[Stored data entries]
Content starts

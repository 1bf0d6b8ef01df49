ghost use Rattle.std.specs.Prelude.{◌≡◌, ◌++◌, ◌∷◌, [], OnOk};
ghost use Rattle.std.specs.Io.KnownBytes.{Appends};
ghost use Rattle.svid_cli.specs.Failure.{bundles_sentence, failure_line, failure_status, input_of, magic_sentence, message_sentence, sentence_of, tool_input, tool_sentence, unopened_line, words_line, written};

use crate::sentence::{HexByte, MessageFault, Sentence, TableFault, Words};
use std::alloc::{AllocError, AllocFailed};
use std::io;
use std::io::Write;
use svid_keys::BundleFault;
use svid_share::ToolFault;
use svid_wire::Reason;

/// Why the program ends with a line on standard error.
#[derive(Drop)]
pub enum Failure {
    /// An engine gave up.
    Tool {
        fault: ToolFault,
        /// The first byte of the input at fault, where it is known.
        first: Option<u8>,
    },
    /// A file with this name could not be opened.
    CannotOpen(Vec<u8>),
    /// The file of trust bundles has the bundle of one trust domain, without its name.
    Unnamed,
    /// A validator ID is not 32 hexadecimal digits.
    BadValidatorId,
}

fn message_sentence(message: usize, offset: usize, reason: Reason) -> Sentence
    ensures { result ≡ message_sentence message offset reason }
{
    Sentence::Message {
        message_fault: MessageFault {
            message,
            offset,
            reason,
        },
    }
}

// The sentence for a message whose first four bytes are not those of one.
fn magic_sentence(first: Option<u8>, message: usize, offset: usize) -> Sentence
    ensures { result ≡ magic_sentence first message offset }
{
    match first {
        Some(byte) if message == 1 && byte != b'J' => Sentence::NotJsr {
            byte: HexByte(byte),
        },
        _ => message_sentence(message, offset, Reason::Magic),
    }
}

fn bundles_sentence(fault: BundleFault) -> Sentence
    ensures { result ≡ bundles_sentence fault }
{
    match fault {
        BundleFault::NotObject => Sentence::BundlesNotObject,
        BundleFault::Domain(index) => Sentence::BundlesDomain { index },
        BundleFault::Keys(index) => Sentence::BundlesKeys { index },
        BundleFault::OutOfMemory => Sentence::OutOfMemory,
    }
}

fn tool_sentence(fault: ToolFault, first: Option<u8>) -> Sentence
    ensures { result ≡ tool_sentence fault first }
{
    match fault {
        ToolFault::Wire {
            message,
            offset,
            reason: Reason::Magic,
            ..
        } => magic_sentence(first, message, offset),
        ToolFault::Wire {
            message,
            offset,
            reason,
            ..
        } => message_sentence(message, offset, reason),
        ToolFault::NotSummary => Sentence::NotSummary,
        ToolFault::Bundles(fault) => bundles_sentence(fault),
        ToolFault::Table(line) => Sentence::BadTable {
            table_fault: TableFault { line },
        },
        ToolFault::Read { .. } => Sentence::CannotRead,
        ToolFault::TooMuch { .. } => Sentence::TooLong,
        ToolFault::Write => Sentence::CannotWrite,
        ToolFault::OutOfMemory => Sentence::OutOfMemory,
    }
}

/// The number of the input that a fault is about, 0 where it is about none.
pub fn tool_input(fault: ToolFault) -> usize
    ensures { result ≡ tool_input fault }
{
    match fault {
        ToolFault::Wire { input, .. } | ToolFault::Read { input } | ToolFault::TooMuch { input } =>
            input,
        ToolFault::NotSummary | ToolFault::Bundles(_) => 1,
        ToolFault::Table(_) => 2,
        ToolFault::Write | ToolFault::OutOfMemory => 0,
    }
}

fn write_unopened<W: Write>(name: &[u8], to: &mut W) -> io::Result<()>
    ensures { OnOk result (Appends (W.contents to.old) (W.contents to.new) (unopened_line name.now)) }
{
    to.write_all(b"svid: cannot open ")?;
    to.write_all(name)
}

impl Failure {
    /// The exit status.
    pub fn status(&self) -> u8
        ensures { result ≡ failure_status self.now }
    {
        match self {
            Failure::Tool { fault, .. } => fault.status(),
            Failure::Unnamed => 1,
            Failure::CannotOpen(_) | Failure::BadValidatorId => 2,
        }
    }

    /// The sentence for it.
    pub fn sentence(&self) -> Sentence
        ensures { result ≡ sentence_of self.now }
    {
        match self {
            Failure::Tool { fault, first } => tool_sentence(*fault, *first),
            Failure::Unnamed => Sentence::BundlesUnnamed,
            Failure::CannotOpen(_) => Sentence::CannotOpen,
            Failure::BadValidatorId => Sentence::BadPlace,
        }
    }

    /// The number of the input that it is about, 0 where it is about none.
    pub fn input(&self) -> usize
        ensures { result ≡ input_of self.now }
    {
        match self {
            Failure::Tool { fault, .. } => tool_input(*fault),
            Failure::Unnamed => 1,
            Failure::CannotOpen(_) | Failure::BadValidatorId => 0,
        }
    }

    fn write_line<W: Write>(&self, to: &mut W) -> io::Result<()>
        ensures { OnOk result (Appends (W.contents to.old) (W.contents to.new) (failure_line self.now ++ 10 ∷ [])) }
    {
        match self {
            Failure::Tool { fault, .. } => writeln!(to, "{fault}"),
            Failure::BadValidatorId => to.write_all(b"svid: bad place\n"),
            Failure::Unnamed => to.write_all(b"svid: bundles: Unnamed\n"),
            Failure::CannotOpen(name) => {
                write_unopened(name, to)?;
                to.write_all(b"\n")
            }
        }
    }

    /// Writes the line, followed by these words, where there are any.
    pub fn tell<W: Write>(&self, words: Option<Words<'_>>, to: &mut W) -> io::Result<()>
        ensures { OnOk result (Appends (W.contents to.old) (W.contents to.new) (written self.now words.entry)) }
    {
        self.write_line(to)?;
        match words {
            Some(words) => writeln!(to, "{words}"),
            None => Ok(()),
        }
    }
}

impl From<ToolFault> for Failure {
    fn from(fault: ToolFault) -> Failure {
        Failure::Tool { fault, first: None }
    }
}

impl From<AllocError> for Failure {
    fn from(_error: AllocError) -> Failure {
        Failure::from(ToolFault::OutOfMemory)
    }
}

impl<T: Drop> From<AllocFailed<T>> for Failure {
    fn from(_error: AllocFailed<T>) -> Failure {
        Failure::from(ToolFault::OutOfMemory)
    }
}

Content ends

Check each line of the entries, and copy the ones that contain "written".

ghost use Rattle.svid_cli.specs.Failure.{bundles_sentence, failure_line, failure_status, input_of, magic_sentence, message_sentence, sentence_of, tool_input, tool_sentence, unopened_line, words_line, written};
        ensures { OnOk result (Appends (W.contents to.old) (W.contents to.new) (written self.now words.entry)) }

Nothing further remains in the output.